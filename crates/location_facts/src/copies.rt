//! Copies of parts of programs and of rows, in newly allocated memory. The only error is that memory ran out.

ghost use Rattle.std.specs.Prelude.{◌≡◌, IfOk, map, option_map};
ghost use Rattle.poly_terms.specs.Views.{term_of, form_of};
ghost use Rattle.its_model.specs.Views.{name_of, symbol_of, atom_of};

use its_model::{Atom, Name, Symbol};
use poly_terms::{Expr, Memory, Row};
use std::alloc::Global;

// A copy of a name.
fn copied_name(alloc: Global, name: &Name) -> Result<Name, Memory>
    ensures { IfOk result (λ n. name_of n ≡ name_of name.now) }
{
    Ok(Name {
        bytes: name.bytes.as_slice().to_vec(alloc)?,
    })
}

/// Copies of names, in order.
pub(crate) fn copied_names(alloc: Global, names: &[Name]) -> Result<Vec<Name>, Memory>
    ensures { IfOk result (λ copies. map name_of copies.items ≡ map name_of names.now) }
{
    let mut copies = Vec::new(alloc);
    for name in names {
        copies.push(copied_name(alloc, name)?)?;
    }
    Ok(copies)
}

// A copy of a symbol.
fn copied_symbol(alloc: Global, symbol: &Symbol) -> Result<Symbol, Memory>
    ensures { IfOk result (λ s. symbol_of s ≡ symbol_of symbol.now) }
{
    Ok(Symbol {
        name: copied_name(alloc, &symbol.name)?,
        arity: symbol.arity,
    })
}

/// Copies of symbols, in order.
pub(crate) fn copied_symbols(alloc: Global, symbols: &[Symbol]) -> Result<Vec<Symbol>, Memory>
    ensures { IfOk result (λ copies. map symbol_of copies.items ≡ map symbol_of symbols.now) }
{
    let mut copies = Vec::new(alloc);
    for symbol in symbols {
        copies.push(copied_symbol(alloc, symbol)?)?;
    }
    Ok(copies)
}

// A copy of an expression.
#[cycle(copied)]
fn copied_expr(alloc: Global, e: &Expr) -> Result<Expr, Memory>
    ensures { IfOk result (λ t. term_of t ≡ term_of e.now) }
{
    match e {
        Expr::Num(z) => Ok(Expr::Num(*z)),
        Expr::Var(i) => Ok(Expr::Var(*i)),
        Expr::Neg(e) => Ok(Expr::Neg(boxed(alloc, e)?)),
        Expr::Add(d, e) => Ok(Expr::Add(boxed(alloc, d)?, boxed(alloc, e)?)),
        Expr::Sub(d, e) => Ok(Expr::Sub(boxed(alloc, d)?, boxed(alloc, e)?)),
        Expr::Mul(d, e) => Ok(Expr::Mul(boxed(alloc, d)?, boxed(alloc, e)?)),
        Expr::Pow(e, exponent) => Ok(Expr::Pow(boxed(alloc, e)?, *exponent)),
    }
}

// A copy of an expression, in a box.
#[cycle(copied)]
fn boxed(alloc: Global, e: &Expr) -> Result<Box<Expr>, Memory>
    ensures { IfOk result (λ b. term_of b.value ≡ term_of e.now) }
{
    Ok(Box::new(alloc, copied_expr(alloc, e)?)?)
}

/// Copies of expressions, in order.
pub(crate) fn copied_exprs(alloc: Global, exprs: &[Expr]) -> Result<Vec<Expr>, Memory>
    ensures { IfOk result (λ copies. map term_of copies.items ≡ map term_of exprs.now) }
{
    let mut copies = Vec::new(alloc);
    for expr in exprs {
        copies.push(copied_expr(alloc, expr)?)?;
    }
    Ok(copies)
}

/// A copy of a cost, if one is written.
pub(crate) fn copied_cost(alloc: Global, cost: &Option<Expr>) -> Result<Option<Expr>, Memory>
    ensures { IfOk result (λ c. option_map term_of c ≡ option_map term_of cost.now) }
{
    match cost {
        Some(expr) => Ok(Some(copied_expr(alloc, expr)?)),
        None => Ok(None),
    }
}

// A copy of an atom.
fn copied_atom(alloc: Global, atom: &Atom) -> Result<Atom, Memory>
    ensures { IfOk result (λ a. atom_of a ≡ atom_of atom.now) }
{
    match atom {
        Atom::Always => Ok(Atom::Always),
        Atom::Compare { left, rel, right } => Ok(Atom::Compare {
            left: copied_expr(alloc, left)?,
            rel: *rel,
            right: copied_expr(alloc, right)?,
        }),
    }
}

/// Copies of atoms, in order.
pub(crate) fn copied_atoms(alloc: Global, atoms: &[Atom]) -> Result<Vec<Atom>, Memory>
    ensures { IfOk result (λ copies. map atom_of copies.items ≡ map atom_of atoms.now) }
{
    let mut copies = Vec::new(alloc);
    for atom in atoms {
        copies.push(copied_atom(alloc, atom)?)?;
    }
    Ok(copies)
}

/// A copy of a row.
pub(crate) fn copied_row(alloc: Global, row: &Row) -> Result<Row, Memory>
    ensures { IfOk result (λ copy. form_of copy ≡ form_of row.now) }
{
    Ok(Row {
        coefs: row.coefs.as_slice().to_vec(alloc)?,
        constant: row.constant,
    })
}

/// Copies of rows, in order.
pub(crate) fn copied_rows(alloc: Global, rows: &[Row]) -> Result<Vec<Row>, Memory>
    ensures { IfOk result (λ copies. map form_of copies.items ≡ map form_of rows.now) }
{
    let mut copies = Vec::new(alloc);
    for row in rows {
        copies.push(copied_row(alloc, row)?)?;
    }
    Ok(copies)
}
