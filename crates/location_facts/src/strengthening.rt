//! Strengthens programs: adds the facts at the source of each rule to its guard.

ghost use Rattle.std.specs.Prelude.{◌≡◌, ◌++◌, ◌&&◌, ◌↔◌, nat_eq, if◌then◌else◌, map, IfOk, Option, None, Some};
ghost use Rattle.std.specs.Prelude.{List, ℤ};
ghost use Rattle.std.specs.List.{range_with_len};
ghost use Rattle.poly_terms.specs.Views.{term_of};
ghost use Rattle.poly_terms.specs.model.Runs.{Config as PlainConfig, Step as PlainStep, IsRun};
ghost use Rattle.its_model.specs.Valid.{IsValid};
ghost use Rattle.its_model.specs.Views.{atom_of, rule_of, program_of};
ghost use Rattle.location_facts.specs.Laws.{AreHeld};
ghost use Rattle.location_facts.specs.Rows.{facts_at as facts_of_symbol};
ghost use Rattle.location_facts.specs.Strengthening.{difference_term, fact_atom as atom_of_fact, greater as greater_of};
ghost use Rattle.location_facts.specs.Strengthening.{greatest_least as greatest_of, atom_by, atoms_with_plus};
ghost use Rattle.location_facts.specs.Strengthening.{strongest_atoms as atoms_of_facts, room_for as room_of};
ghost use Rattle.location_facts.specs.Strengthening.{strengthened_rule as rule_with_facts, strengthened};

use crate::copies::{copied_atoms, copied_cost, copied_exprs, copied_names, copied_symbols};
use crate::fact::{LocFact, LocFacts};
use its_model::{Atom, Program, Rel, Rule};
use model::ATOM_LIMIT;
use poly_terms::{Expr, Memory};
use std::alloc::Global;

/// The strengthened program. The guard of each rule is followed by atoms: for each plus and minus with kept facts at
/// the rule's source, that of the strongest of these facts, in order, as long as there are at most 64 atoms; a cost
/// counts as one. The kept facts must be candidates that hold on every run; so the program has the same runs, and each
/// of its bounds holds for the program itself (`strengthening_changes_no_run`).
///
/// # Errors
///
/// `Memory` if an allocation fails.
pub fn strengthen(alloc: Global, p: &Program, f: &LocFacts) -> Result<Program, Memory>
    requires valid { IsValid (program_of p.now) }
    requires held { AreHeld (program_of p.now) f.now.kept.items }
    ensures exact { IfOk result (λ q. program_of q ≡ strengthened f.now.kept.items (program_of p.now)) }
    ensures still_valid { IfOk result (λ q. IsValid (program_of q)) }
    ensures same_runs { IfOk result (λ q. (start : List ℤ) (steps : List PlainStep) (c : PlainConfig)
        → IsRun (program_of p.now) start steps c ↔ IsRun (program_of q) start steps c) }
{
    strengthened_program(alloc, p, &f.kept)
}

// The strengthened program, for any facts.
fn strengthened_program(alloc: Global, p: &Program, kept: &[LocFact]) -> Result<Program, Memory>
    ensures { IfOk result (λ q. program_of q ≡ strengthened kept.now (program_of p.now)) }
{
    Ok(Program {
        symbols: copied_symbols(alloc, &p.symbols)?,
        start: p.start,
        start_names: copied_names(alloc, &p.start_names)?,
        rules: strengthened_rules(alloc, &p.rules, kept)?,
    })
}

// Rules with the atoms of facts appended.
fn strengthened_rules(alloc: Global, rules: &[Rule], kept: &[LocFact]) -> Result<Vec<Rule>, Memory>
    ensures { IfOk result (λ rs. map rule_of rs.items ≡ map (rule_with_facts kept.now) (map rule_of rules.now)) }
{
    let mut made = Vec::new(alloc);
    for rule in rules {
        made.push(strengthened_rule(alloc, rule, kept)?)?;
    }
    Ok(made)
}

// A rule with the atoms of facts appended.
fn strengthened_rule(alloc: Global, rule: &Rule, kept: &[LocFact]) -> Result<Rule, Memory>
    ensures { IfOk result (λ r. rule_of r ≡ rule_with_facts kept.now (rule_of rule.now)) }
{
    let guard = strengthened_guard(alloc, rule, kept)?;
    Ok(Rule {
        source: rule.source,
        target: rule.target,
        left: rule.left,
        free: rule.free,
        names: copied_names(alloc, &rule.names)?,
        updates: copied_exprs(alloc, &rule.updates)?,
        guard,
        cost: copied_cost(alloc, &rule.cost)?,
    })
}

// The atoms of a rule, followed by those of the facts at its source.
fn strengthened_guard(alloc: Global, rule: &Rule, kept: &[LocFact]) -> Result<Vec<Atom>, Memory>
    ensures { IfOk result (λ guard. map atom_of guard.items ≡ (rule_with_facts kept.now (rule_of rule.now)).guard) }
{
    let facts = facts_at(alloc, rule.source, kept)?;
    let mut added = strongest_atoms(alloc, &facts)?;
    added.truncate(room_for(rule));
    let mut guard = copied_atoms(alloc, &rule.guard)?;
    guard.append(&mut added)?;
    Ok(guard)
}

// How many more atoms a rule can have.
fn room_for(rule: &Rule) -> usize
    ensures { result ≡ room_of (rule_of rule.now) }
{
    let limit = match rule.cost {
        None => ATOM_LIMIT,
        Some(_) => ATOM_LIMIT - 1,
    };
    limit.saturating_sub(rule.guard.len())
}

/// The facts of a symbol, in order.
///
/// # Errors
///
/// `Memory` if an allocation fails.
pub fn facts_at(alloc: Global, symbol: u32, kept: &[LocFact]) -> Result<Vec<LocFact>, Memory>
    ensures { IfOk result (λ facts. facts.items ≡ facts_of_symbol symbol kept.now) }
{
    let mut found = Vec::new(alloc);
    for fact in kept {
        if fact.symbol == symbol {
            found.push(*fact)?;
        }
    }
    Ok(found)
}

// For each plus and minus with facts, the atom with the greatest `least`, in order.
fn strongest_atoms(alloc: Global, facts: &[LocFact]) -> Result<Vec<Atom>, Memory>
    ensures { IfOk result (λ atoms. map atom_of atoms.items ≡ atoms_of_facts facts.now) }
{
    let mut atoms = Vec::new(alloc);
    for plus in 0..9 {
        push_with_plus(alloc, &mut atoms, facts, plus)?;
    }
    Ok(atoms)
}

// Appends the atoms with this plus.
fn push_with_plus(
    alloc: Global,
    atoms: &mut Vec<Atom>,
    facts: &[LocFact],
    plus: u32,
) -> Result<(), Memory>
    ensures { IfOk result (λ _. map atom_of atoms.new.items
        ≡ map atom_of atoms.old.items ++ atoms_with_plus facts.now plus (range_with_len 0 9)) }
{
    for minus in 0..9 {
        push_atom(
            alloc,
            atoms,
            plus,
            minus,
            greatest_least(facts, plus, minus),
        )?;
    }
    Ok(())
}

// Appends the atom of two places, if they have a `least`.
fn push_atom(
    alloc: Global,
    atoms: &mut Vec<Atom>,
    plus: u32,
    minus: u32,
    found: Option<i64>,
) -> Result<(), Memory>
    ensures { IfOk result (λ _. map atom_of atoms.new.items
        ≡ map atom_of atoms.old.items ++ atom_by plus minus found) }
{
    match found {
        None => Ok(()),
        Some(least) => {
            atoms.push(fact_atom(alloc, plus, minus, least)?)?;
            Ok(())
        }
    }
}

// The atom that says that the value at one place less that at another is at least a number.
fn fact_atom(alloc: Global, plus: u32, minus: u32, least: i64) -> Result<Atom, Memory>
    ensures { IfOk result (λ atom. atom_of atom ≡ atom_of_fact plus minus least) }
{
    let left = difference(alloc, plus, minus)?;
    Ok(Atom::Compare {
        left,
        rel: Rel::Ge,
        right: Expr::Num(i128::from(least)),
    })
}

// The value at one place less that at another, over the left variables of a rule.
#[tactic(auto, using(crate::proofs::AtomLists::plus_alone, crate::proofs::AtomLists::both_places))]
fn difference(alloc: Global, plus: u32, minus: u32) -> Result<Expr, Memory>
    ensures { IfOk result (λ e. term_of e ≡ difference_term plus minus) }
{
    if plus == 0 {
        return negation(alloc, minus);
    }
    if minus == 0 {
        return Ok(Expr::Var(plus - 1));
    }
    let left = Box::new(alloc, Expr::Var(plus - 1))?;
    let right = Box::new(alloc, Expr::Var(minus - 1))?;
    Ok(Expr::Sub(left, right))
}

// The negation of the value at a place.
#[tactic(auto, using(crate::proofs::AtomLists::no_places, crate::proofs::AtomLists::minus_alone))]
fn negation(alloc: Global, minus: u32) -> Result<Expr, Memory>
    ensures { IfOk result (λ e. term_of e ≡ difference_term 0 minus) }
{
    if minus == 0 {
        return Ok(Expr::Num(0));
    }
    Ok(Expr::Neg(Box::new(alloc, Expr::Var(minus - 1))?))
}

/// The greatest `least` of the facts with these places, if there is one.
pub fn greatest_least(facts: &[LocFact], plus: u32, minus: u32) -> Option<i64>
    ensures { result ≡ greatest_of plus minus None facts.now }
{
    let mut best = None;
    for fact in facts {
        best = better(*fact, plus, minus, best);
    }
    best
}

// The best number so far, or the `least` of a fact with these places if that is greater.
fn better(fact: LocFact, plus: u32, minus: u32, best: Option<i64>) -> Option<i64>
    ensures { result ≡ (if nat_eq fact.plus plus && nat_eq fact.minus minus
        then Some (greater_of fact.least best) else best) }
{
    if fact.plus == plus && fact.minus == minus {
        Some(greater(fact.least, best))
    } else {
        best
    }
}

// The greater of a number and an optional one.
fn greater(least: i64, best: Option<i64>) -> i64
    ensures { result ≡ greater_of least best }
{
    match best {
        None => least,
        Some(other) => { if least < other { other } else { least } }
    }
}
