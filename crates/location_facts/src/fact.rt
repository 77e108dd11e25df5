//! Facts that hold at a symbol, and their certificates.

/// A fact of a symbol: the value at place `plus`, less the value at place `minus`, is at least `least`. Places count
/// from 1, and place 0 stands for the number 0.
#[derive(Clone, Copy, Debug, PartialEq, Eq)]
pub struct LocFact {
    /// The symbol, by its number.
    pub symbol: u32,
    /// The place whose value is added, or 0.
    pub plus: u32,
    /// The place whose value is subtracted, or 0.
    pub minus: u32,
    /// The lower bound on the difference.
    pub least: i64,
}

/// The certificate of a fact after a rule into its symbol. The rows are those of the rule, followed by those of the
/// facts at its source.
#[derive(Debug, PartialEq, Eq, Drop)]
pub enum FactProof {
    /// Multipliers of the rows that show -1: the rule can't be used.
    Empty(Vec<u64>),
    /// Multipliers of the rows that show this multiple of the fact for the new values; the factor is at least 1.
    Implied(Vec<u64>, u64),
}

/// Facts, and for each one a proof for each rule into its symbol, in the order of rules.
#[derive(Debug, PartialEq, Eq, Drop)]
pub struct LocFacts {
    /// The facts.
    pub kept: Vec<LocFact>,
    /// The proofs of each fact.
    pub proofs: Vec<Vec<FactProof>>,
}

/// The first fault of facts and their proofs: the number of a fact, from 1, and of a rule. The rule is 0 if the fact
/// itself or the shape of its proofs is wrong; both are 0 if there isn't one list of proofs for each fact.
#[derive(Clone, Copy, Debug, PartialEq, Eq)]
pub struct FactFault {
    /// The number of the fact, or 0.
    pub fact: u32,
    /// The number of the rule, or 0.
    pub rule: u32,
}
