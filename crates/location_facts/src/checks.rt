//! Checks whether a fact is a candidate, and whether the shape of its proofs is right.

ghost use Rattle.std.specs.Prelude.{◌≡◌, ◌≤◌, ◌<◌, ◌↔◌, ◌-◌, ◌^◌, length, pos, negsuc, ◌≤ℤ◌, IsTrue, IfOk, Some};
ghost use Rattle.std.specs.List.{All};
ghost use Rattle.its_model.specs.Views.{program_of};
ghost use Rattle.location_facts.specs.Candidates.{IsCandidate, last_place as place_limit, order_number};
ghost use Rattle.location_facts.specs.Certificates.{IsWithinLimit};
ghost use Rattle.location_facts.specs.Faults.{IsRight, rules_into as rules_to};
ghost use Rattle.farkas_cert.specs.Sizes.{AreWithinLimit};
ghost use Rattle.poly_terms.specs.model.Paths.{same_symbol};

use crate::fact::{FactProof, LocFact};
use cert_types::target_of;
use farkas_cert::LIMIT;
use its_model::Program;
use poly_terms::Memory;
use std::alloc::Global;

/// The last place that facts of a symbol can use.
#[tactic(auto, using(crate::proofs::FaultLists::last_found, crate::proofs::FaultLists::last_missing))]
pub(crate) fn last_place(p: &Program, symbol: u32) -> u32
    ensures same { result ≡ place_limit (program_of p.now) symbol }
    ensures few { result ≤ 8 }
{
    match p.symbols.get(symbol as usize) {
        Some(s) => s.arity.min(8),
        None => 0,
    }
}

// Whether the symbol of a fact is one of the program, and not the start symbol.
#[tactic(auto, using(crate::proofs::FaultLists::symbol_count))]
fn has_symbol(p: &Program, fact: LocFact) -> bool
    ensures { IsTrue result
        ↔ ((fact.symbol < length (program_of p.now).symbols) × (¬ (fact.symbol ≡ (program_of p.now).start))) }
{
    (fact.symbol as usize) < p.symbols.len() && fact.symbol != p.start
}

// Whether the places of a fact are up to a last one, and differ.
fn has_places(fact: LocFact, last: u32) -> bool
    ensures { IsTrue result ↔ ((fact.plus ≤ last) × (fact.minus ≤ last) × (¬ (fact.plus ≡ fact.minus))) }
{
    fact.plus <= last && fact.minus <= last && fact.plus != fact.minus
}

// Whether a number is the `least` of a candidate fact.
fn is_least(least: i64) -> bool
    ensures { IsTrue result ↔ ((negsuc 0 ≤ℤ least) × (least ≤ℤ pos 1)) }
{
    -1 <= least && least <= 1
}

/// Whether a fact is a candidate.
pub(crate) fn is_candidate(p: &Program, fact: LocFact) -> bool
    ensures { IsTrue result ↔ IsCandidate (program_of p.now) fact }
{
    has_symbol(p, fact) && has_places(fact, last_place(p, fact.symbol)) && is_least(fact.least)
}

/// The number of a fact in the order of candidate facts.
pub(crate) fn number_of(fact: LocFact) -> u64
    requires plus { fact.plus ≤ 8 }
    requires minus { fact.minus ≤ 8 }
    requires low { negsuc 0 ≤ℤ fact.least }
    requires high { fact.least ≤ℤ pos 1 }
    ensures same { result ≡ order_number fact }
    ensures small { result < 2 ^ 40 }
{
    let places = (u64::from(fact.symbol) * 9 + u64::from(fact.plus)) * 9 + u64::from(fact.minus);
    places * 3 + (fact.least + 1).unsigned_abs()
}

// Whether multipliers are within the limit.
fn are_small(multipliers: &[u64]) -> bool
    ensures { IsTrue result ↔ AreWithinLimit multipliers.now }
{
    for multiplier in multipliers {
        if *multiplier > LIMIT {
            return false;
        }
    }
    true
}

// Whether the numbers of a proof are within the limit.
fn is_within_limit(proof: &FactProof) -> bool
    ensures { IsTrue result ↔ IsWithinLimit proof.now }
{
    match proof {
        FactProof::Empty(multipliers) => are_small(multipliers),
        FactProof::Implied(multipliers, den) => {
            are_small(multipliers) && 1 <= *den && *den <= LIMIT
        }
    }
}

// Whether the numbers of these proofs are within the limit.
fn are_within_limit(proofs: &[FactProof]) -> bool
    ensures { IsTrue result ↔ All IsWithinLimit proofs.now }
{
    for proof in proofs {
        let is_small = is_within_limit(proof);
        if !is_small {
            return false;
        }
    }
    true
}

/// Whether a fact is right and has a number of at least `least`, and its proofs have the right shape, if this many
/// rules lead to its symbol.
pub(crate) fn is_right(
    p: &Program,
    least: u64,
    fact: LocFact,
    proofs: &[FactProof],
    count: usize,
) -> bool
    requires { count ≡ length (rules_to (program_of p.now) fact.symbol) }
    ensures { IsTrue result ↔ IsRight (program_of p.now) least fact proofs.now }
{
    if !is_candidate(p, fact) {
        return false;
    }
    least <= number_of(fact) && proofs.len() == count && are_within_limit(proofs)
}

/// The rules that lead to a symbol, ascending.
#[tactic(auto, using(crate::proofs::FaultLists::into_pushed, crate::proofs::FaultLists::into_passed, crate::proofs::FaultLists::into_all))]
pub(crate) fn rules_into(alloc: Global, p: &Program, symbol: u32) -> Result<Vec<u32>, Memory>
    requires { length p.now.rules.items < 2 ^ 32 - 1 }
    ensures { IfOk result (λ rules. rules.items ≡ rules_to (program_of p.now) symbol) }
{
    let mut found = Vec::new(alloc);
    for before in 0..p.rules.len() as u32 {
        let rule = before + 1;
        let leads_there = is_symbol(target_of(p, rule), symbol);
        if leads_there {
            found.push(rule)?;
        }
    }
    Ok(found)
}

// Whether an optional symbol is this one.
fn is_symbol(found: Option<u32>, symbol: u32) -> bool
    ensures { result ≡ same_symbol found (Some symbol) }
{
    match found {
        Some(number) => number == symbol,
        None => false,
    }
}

*Goal of the exercise*:
Pull every line containing "this" from the material above.

*Your solution*:
// Appends the atoms with this plus.
    /// Multipliers of the rows that show this multiple of the fact for the new values; the factor is at least 1.
/// Whether a fact is right and has a number of at least `least`, and its proofs have the right shape, if this many
// Whether an optional symbol is this one.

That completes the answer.